Service and Personal Robots


One major application field of robotics in the future is service robotics where service tasks are performed autonomously or semi-autonomously by robots. While numerous domains can be listed in the industrial context (i.e. in an environment which has been designed or adapted for robot operation and where only professionals respecting very strict rules are allowed), there is a large number of potential applications where the robot should perform servicing for the public or in the presence of the public. There are also very interesting and very promising applications where the interaction can even be closer and where the robot assists (physically) a human.

This is precisely what is of interest here. We want to focus on all the topics linked to situations where the robot performs its tasks in interaction with humans. The human can be an operator, a user of a service performed by the robot or simply a user (a passer-by) of the same environment.

While substantial advances have been made in robotics resulting in a technology which has already great potentials for real applications, there is still a lot of work to be done to effectively open applications where a robot and a human can co-exist.

Let us give a simple example: when a cleaning robot encounters people during its cleaning task, how should it react and behave? What kind of interaction should it have with these people? How can it distinguish a human from an obstacle? How can it inform of its actions and goals ? how can it ask people to move aside ? How can it understand the situation and the goals of the humans around it ...?

More generally, we would like to tackle problems such as navigation in presence of humans, transporting humans, handing out objects to humans, manipulating and transporting loads in cooperation with humans, assisting handicapped or elderly humans...

Addressing such problems is not an engineering work which involves nice or ad hoc interfaces and more robust and more reliable implementation of existing state-of-the-art results. It is a real scientific and multi-disciplinary challenge which covers numerous aspects: mechanical design, sensors, control, perception, decision, communication interfaces.

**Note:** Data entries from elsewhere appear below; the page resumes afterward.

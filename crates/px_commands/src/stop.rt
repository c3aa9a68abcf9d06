//! Why a run does not do its work.
ghost use Rattle.std.specs.Prelude.{◌≡◌};
ghost use Rattle.px_control.specs.declared.fault.JobFault.{JobFault};
ghost use Rattle.px_normal.specs.declared.fault.NormalFault.{NormalFault};
ghost use Rattle.px_commands.specs.declared.stop.SceneStop.{SceneStop};
ghost use Rattle.px_commands.specs.Refusals.{scene_limit};
ghost use Rattle.px_commands.specs.Results.{status_of};
ghost use Rattle.px_commands.specs.JobStops.{job_stop, products_stop};

use crate::refusal::{Kind, Refusal};
use crate::status::Status;
use px_control::JobFault;
use px_frame::FineFault;
use px_io::{Failed, ReadError};
use px_listing::ListFault;
use px_normal::NormalFault;
use px_num::Memory;
use px_scene::{LimitKind, SceneFault};

/// Why the work was not done.
#[derive(Drop)]
pub enum Stop {
    Usage,
    Refused(Refusal),
    ReadFault,
    WriteFault,
    Memory(Memory),
}

/// Why a scene was not served: by what it is, or since memory ran out.
#[derive(Drop)]
pub enum SceneStop {
    Refused(Refusal),
    Memory(Memory),
}

impl Stop {
    /// The status of a run that ends so.
    pub fn status(self) -> Status
        ensures { result ≡ status_of self }
    {
        match self {
            Stop::Usage => Status::Usage,
            Stop::Refused(Refusal::Malformed { .. }) => Status::Malformed,
            Stop::Refused(Refusal::Limit { .. }) => Status::Limit,
            Stop::ReadFault => Status::ReadFault,
            Stop::WriteFault => Status::WriteFault,
            Stop::Memory(lack) => Status::Memory(lack),
        }
    }
}

impl From<ReadError> for Stop {
    ghost use Rattle.std.specs.Prelude.{◌≡◌};
    ghost use Rattle.px_commands.specs.Stops.{read_stop};

    ghost from_gives = { λ fault stop. stop ≡ read_stop fault };

    fn from(fault: ReadError) -> Self {
        match fault {
            ReadError::Failed => Stop::ReadFault,
            ReadError::Memory(lack) => Stop::Memory(lack),
        }
    }
}

impl From<Failed> for Stop {
    ghost use Rattle.std.specs.Prelude.{◌≡◌};
    ghost use Rattle.px_commands.specs.declared.stop.Stop.{Stop};

    ghost from_gives = { λ failed stop. stop ≡ Stop.WriteFault };

    /// What failed at a command's end is a write.
    fn from(_failed: Failed) -> Self {
        Stop::WriteFault
    }
}

impl From<SceneStop> for Stop {
    ghost use Rattle.std.specs.Prelude.{◌≡◌};
    ghost use Rattle.px_commands.specs.Stops.{stopped};

    ghost from_gives = { λ found stop. stop ≡ stopped found };

    fn from(found: SceneStop) -> Self {
        match found {
            SceneStop::Refused(reason) => Stop::Refused(reason),
            SceneStop::Memory(lack) => Stop::Memory(lack),
        }
    }
}

impl From<SceneFault> for SceneStop {
    ghost use Rattle.std.specs.Prelude.{◌≡◌};
    ghost use Rattle.px_commands.specs.Refusals.{refusal_in};
    ghost use Rattle.px_commands.specs.Stops.{stop_at};

    ghost from_gives = { λ fault stop. stop ≡ stop_at (refusal_in fault) };

    fn from(fault: SceneFault) -> Self {
        match fault {
            SceneFault::Malformed { line, cause } => {
                SceneStop::Refused(Refusal::Malformed { line, cause })
            }
            SceneFault::Limit { line, kind, found } => {
                let kind = Kind::Scene(kind);
                SceneStop::Refused(Refusal::Limit { line, kind, found })
            }
            SceneFault::Memory(lack) => SceneStop::Memory(lack),
        }
    }
}

impl From<ListFault> for SceneStop {
    ghost use Rattle.std.specs.Prelude.{◌≡◌};
    ghost use Rattle.px_commands.specs.Refusals.{list_refusal_in};
    ghost use Rattle.px_commands.specs.Stops.{stop_at};

    ghost from_gives = { λ fault stop. stop ≡ stop_at (list_refusal_in fault) };

    fn from(fault: ListFault) -> Self {
        match fault {
            ListFault::Malformed { line, cause } => {
                SceneStop::Refused(Refusal::Malformed { line, cause })
            }
            ListFault::Limit { line, kind, found } => {
                let kind = Kind::List(kind);
                SceneStop::Refused(Refusal::Limit { line, kind, found })
            }
            ListFault::Memory(lack) => SceneStop::Memory(lack),
        }
    }
}

impl From<FineFault> for SceneStop {
    ghost use Rattle.std.specs.Prelude.{◌≡◌};
    ghost use Rattle.px_commands.specs.Refusals.{fault_refusal};
    ghost use Rattle.px_commands.specs.Stops.{stop_at};

    ghost from_gives = { λ fault stop. stop ≡ stop_at (fault_refusal fault) };

    fn from(fault: FineFault) -> Self {
        match fault {
            FineFault::Fraction { found } => past_limit(LimitKind::Fraction, i64::from(found)),
            FineFault::Picture { found } => past_limit(LimitKind::Picture, i64::from(found)),
            FineFault::Coefficient { found } => past_limit(LimitKind::Coefficient, found),
            FineFault::Memory(lack) => SceneStop::Memory(lack),
        }
    }
}

/// A scene is past a limit that is not one line's.
pub fn past_limit(kind: LimitKind, found: i64) -> SceneStop
    ensures { result ≡ SceneStop.Refused (scene_limit kind found) }
{
    SceneStop::Refused(Refusal::Limit {
        line: 0,
        kind: Kind::Scene(kind),
        found,
    })
}

/// Why a job was not opened.
pub(crate) fn job_stop(fault: JobFault) -> SceneStop
    ensures { result ≡ job_stop fault }
{
    match fault {
        JobFault::PixelMemory { need } => past_limit(LimitKind::PixelMemory, i64::from(need)),
        JobFault::Products { count } => past_limit(LimitKind::Products, i64::from(count)),
        JobFault::Memory(lack) => SceneStop::Memory(lack),
    }
}

/// Why a scene has no plan.
pub(crate) fn products_stop(fault: NormalFault) -> SceneStop
    ensures { result ≡ products_stop fault }
{
    match fault {
        NormalFault::TooMany { count } => past_limit(LimitKind::Products, i64::from(count)),
        NormalFault::Memory(lack) => SceneStop::Memory(lack),
    }
}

We should build ``soft robots'' which should ``comply'' and never harm human. We should devise robots able to effectively deal with the variety and dynamics of environment where the public is present. Depending on the applications, such robots should interpret human gestures and movement or even human plans and goals which may interact with the robot goals. In other situations, they should filter and understand the user requests depending on the context. The robots should also be able, when necessary, to inform about their actions and goals and to get relevant information from people.